Понемногу, как бы само собой, международные отношения стали отношениями междучиновничьими: чиновники от имени своих государств пробуют регулировать то, что складывается не по воле мгновенных директив, а исподволь, столетиями, и иногда, к большому моему сожалению, довольно успешно.
Тбилисский духанщик, наливая мне в кружку вина, допытывался: "Почему Россия не хочет покупать наше вино? Почему у вас не пьют воду "Боржоми"?". Фамилии российского главсанврача, учуявшего в грузинских вине и воде массу вредных веществ, духанщик не знал – он обижался на Россию, так же как обижаются на нее мерзнущие и пересчитывающие последние деньги, дабы уплатить за немыслимо дорогой газ, украинцы. Люди не в курсе, кто и где именно подписал обездоливающие их соглашения, народы, жившие веками по-братски, недоумевают, почему в условиях провозглашаемого государственными лидерами "стратегического партнерства" им следует бедовать.
Я точно такой же человек и точно так же хочу разобраться, в чем дело, а вначале сделал попытку понять, почему мне постоянно внушают, что в России опасно жить. Я начал размышлять на эту тему, потому что нигде больше – разве что в Израиле – не услышишь постоянно повторяемое предупреждение о необходимости сообщать властям о появлении подозрительных личностей, а также о бесхозных чемоданах и ящиках, которые могут взорваться.

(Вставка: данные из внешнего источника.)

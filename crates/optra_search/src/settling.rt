//! The better of two choices, and small steps of pricing a node.
ghost use Rattle.std.specs.Prelude.{◌≡◌, ◌≤◌, [], length};
ghost use Rattle.optra_walk.specs.Choices.{IsChoice, revenue_of};
ghost use Rattle.optra_node.specs.Duals.{whole_cents};
ghost use Rattle.optra_search.specs.Planner.{IsBetter};

use optra_bid::Bid;
use optra_network::{Cents, Network};
use optra_node::Prices;
use optra_walk::{Choice, revenue};
use std::alloc::Global;

/// Thousandths of a cent as whole cents, rounded down.
pub(crate) fn whole_cents(value: i128) -> i128
    ensures { result ≡ whole_cents value }
{
    value.div_euclid(1000)
}

/// The better of two choices, with what it earns; the old one where both earn the same.
pub(crate) fn better(
    net: &Network,
    bids: &[Bid],
    old: Choice,
    earned: Cents,
    new: Choice,
) -> (Choice, Cents)
    requires few { length bids.now ≤ 1000 }
    requires earned { earned ≡ revenue_of net.now bids.now old }
    requires choice { IsChoice net.now bids.now new }
    ensures better { IsBetter net.now bids.now old new result.0 }
    ensures earned { result.1 ≡ revenue_of net.now bids.now result.0 }
{
    let earns = revenue(net, bids, &new.walks);
    if earned < earns {
        (new, earns)
    } else {
        (old, earned)
    }
}

/// Zero prices.
pub(crate) fn zero_prices<R>(alloc: Global) -> Prices<R>
    ensures { result ≡ [] }
{
    Prices {
        entries: Vec::new(alloc),
    }
}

Ощущение притаившегося врага культивируется с маниакальной настойчивостью, а затем и детализируется. Во внешней политике все более-менее традиционно – даже недавние массовые митинги в Москве были объяснены вначале злыми затеями американского госдепартамента (о системе ПРО уже и не говорю, потому что военные и государственные чиновники по обе стороны океана получили такую уйму возможностей для очередных госзаказов и новых ужастиков, что можно лишь порадоваться за их семьи), а что касается российских врагов внутренних, то здесь все смутно. В официальных призывах многое безадресно, зато в массовом сознании россиян стрелка наводится то на выходцев из Средней Азии, то на кавказцев, все чаще взрываясь драками на площадях, в ресторанах и просто на улицах.
Президент и премьер постоянно втолковывают соотечественникам, что кавказцам надо давать много денег, дабы они хорошо работали дома, но почему эти люди за эти деньги не трудятся и вне дома, не объясняют. Зато преступность все чаще "национализируют" – ежедневно в газетах можно прочесть, что "трое бандитов кавказской национальности напали...", "толпа таджиков устроила побоище...", а вот когда дерутся футбольные фанаты, не пишут, что "толпа русских подростков разгромила пивной ларек", и злополучную местную банду в кубанской станице Кущевская "русским преступным объединением" не называли.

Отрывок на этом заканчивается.